2. It would be good to examine charts in relationship with and preceding the event (ingress, eclipse, lunation). A cursory examination indicates some relevance, especially when read using sidereal methodology (highlighting angular planets).

3. What about the Heysel Stadium disaster chart? It would be interesting to examine them, compare and contrast. (One interesting coincidence is the fact that in both charts, the nodal axis coincides with the horizon axis very close to the point where the tragedies occur, in each case with the South node rising. The Hillsborough chart has a lot of inherent interplay between the transiting nodes and the transiting planets.

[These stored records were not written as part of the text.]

// The authority of a reference or of its base, as a part of the lent slice that has it.
#![tactic(auto)]

ghost use Rattle.std.specs.Prelude.{◌≡◌, ◌-◌, ◌≤◌};
ghost use Rattle.std.proofs.Math.Option.{none};
ghost use Rattle.rules.specs.Model.{limits};
ghost use Rattle.rules.specs.Views.{authority_span, chosen, authority_view, piece_shown, verdict};
ghost use Rattle.rules.specs.Laid.{Ordered};
ghost use Rattle.cbor.specs.Heads.{span_is};
ghost use Rattle.reader.specs.Answers.{opening_of};
ghost use Rattle.refusals.specs.Answers.{answer_is, verdict_is};
ghost use Rattle.authority_view.specs.Shown.{PieceOf, piece_is};

use cbor::Span;
use reader::{AuthorityAt, OpeningAt};
use refusals::Refusal;

// A part of the reference, or of the base.
#[derive(Drop)]
enum Piece {
    OfReference(Span),
    OfBase(Span),
}

// Where the whole item of an authority stands.
fn item_span(authority: AuthorityAt) -> Span
    requires { authority.at ≤ authority.next }
    ensures { span_is result ≡ record { start = authority.at; length = authority.next - authority.at } }
{
    Span {
        start: authority.at,
        length: authority.next - authority.at,
    }
}

// The reference's own authority, else the base's; the empty part of the reference where neither has one.
fn chosen_item(base: OpeningAt, reference: OpeningAt) -> Piece
    requires { Ordered (opening_of base) × Ordered (opening_of reference) }
    ensures { piece_is result ≡ chosen (authority_span (opening_of base)) (authority_span (opening_of reference)) }
{
    if let OpeningAt::Full(_, authority) = reference {
        return Piece::OfReference(item_span(authority));
    }
    if let OpeningAt::Full(_, authority) = base {
        return Piece::OfBase(item_span(authority));
    }
    Piece::OfReference(Span {
        start: 0,
        length: 0,
    })
}

// The authority that the reference brings, else the base's. The base is judged first.
fn chosen_authority(base: &[u8], reference: &[u8]) -> Result<Piece, Refusal>
    ensures { answer_is piece_is result ≡ authority_view limits base.now reference.now }
{
    let old = absolutes::read_base(base)?;
    let new = reader::read(reference)?;
    Ok(chosen_item(old.opening, new.opening))
}

// The authority that the reference brings, else the base's: the whole encoded item, as a part of the slice that has it; the empty part at
// the start of the reference where it can't be given.
pub fn authority<'a>(base: &'a [u8], reference: &'a [u8]) -> &'a [u8]
    ensures { PieceOf base.entry reference.entry result (piece_shown (authority_view limits base.now reference.now)) }
{
    match chosen_authority(base, reference) {
        Ok(Piece::OfReference(span)) => span.of(reference),
        Ok(Piece::OfBase(span)) => span.of(base),
        Err(_) => &reference[..0],
    }
}

// Accepted where it is given; 8 where the base is refused or not absolute; 1 to 7 where the reference is refused.
pub fn authority_verdict(base: &[u8], reference: &[u8]) -> Result<(), Refusal>
    ensures { verdict_is result ≡ verdict (authority_view limits base.now reference.now) }
{
    chosen_authority(base, reference)?;
    Ok(())
}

The Heysel chart lacks that inherent relationship between the planets and the nodes, but it is very close to being a nodal return chart for the LFC June 3rd, 1892 chart [93/18.6=5]. It is also a few days shy of the 93rd year solar return chart.)

4. It would be interesting to explore in a little bit more depth the football hooliganism and its relationship with the economic conditions of the times. I can't help but suspect that hooliganism reached its apex when Thatcher reached hers. Not to say that they were in any overt way aligned, just that hooliganism may arise under the kinds of conditions that her economic program inadvertently promoted. Do Neptune and Pluto have any relevance to the story-arc of football in history over the last 120+ years, even as they have some relevance to the fluctuating realities of economics?

5. Another topic of interest would come from examining the natal chart of David Duckenfield and comparing it with the time of the match. He is a flawed figure, and his life is not without its own tragedy. Perhaps he can turn it around long enough to atone and learn, though it is doubtful this would provide any satisfaction to the victims or their families. They have their own journeys to closure and resolution, which may nonetheless have been facilitated by his recent change of testimony.

There are a lot of loose ends there, but hopefully I've touched on the basic topic to any random reader's satisfaction.

_____

[Updated: 21 May 2016, miscellaneous tweaks related to citation.]